(Dataset entries)
**********
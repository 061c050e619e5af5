//! A law of places, the contract of a function that does nothing.

ghost use Rattle.toml_places.specs.PlaceExamples.{StepsAreMet};

/// Example steps: which begin others, and which place they lead to. The nearest place, and one around a byte, in other
/// words.
pub fn steps_are_met()
    ensures { StepsAreMet }
{}
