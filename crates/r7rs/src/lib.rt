#![tactic(auto)]
// What R7RS says of a tree, and the plain machine: they stand in specs/.
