/// Goes on after a part that has ended. Answers the innermost part that comes next, which is the
/// rest of an encapsulation or the next number, or None if the whole value has ended. `inside` is
/// set if a frame that is added tells what comes after it.
#[inline(always)]
pub(crate) fn go_on_after_part(
    catalogue: &SeenCatalogue<'_>,
    outer: &mut ArrayVec<Frame, 24>,
    inside: &mut Within,
) -> Option<Leaf>
    requires known { AreKnown catalogue.now outer.old.items }
    requires open { (at : ℕ) × OpenPartsFit 24 (open_parts catalogue.now at outer.old.items) }
    ensures known { IfSome result (λ leaf. leaf_type leaf < length catalogue.now.types) }
    ensures clean { IfSome result (λ leaf. HoldsOnlyItsOwn leaf [] []) }
    ensures plain { IfSome result (λ leaf.
        leaf_in_string (tree_in catalogue.now outer.new.items (leaf_type leaf)) leaf ≡ false) }
    ensures known_outer { AreKnown catalogue.now outer.new.items }
    ensures most { IsAtMost (within_of outer.old.items) inside.old →
        IsAtMost (within_of outer.new.items) inside.new }
    ensures stand { (at : ℕ) → StandAt at outer.old.items → StandAt at outer.new.items }
    ensures next { (coding : Coding) (path : List PathSegment) (at : ℕ) →
        done_if_untyped none_left (resume_outer coding path
        (open_parts catalogue.now at outer.old.items)
        (Done [] at [])) ≡ read_from_next_leaf catalogue.now at outer.new.items result }
    ensures linked { IfSome result (λ leaf. (root inner : ℕ) →
        Link catalogue.now root outer.old.items inner →
        Link catalogue.now root outer.new.items (leaf_type leaf)) }
{
    while let Some(frame) = innermost(outer) {
        match frame.inside {
            Some(_) => {
                outer.pop();
                let left = frame.count - frame.index;
                if left > 0 {
                    return Some(Leaf::Content {
                        of: frame.of,
                        total: left,
                        offset: 0,
                    });
                }
            }
            None => {
                let last = frame.count.saturating_sub(1);
                if frame.index < last {
                    go_to_next(outer);
                    let part = catalogue.part(frame.of, frame.index + 1);
                    return Some(Leaf::Number(descend_to_number(catalogue, outer, inside, part)));
                }
                match frame.told {
                    None => {
                        outer.pop();
                    }
                    Some(told) => {
                        if let Some(part) = go_to_told_part(catalogue, outer, told) {
                            return Some(Leaf::Number(descend_to_number(
                                catalogue, outer, inside, part,
                            )));
                        }
                    }
                }
            }
        }
    }
    None
}

/// Goes on after a part before octets of no known type: the parts up to an encapsulation end with
/// it.
#[inline(never)]
pub(crate) fn go_on_at_untyped(
    catalogue: &SeenCatalogue<'_>,
    outer: &mut ArrayVec<Frame, 24>,
    inside: &mut Within,
) -> Option<Leaf>
    requires known { AreKnown catalogue.now outer.old.items }
    requires open { (at : ℕ) × OpenPartsFit 24 (open_parts catalogue.now at outer.old.items) }
    ensures known { IfSome result (λ leaf. leaf_type leaf < length catalogue.now.types) }
    ensures clean { IfSome result (λ leaf. HoldsOnlyItsOwn leaf [] []) }
    ensures plain { IfSome result (λ leaf.
        leaf_in_string (tree_in catalogue.now outer.new.items (leaf_type leaf)) leaf ≡ false) }
    ensures known_outer { AreKnown catalogue.now outer.new.items }
    ensures most { IsAtMost (within_of outer.old.items) inside.old →
        IsAtMost (within_of outer.new.items) inside.new }
    ensures stand { (at : ℕ) → StandAt at outer.old.items → StandAt at outer.new.items }
    ensures next { (coding : Coding) (path : List PathSegment) (at : ℕ) (T : Ty) →
        done_if_untyped none_left (resume_outer coding path
        (open_parts catalogue.now at outer.old.items)
        (Fault [] at kinds.Untyped T))
        ≡ read_from_next_leaf catalogue.now at outer.new.items result }
    ensures linked { IfSome result (λ leaf. (root inner : ℕ) →
        Link catalogue.now root outer.old.items inner →
        Link catalogue.now root outer.new.items (leaf_type leaf)) }
{
    pop_to_encapsulation(outer);
    go_on_after_part(catalogue, outer, inside)
}
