ghost use Rattle.std.specs.Prelude.{◌≡◌, ℕ, ◌+◌, ◌-◌, ◌%◌, ◌<◌, ◌≤◌, List, [], length, ◌↔◌, IsTrue, IfOk, IfSome, OnOk, None, Some};
ghost use Rattle.std.specs.Option.{option_map};
ghost use Rattle.giop_decode.specs.declared.decoder.Decoder.{Decoder as Before};
ghost use Rattle.giop_decode.specs.declared.leaf.Leaf.{Leaf as Innermost};
ghost use Rattle.giop_decode.specs.ReadResult.{Coding, IsEvenFrom, PathSegment, ValueAt, Read, lines_of, fragment_aligned_from, with_front};
ghost use Rattle.giop_decode.specs.Spelling.{lines_text};
ghost use Rattle.giop_print.specs.Output.{Writes};
ghost use Rattle.giop_print.specs.declared.path.Root.{Root as PathRoot};
ghost use Rattle.giop_decode.specs.Reading.{none_left, done_if_untyped};
ghost use Rattle.giop_decode.specs.ReadingSteps.{resume_outer};
ghost use Rattle.giop_decode.specs.Fits.{OpenPartsFit};
ghost use Rattle.giop_decode.specs.Transitions.{open_parts, AreKnown, IsRecursionResolved, HoldsNothingAfter, Link, resolve_recursion, TransitionFits, HasOutput, after_transition, held_after_output, leaf_type, HoldsOnlyItsOwn, StandAt, within_of, tree_in};
ghost use Rattle.giop_decode.specs.Noted.{noted_of, ends_in_string, is_header_root};
ghost use Rattle.giop_decode.specs.NameBuffer.{string_offset};
ghost use Rattle.giop_decode.specs.NotingSteps.{transition_in_string, transition_offset};
ghost use Rattle.giop_decode.specs.DecoderState.{Fits, IsDone, IsOfVersion, KeepsVersion, Reads, Takes, KeepsNoted, GoesOn, added_lines, interface_of_key};
ghost use Rattle.giop_decode.specs.SeenState.{Fits as FitsSeen, Reads as ReadsSeen};
ghost use Rattle.giop_decode.specs.DecoderSteps.{transition_result, decoder_step, AgreesWithReading, IsNotRefused};
ghost use Rattle.giop_decode.specs.Passes.{AreStepLines, HasCountedOctet, NotesAndAdvances};
ghost use Rattle.giop_sig.specs.Types.{Ty, elements_fit};
ghost use Rattle.giop_sig.specs.Fits.{IsFit, IsEmptyStruct};
ghost use Rattle.giop_sig.specs.Table.{Table, in_version};
ghost use Rattle.giop_sig.specs.Trees.{tree};

use crate::contents::drop_written_piece;
use crate::frame::{
    Frame, Within, any_encapsulation_ended, descend_to_number, go_on_after_part, go_on_at_untyped,
    is_empty_struct, within_after_encapsulation, within_of,
};
use crate::leaf::{Finished, Leaf, Transition};
use crate::line::write_line;
use crate::lookahead::Lookahead;
use crate::notes::{Buffer, Last, Notes};
use crate::progress::{Progress, progress_of};
use arrayvec::ArrayVec;
use giop_cdr::{Carry, Order};
use giop_print::{Head, Out, OutFault, Root};
use giop_sig::{Catalogue, InterfaceId, SeenCatalogue, TypeId};

/// The parts of a value that have begun and not ended, and what was last noted of the value.
#[derive(Debug, Drop)]
pub struct Decoder {
    pub(crate) order: Order,
    // What the lines of the value begin with.
    pub(crate) head: Head,
    // The phase of the next octet, modulo 8.
    pub(crate) at: u8,
    // Whether anys and recursive sequences can't hold wide text.
    pub(crate) forbids_wide: bool,
    pub(crate) outer: ArrayVec<Frame, 24>,
    // What these parts ask of each octet.
    pub(crate) inside: Within,
    // None after the value has ended.
    pub(crate) leaf: Option<Leaf>,
    pub(crate) carry: Carry,
    pub(crate) piece: ArrayVec<u8, 32>,
    pub(crate) notes: Notes,
}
**********
### DESCRIPTION OF THE TASK
Quote in full each line from the top of the records above through the line with "which is the"; stop after that line.

### SOLUTION FOR THIS TASK
repository 061c050e619e5af5
//! A law of places, the contract of a function that does nothing.

ghost use Rattle.toml_places.specs.PlaceExamples.{StepsAreMet};

/// Example steps: which begin others, and which place they lead to. The nearest place, and one around a byte, in other
/// words.
pub fn steps_are_met()
    ensures { StepsAreMet }
{}
filename crates/r7rs/src/lib.rt
#![tactic(auto)]
// What R7RS says of a tree, and the plain machine: they stand in specs/.
/// Goes on after a part that has ended. Answers the innermost part that comes next, which is the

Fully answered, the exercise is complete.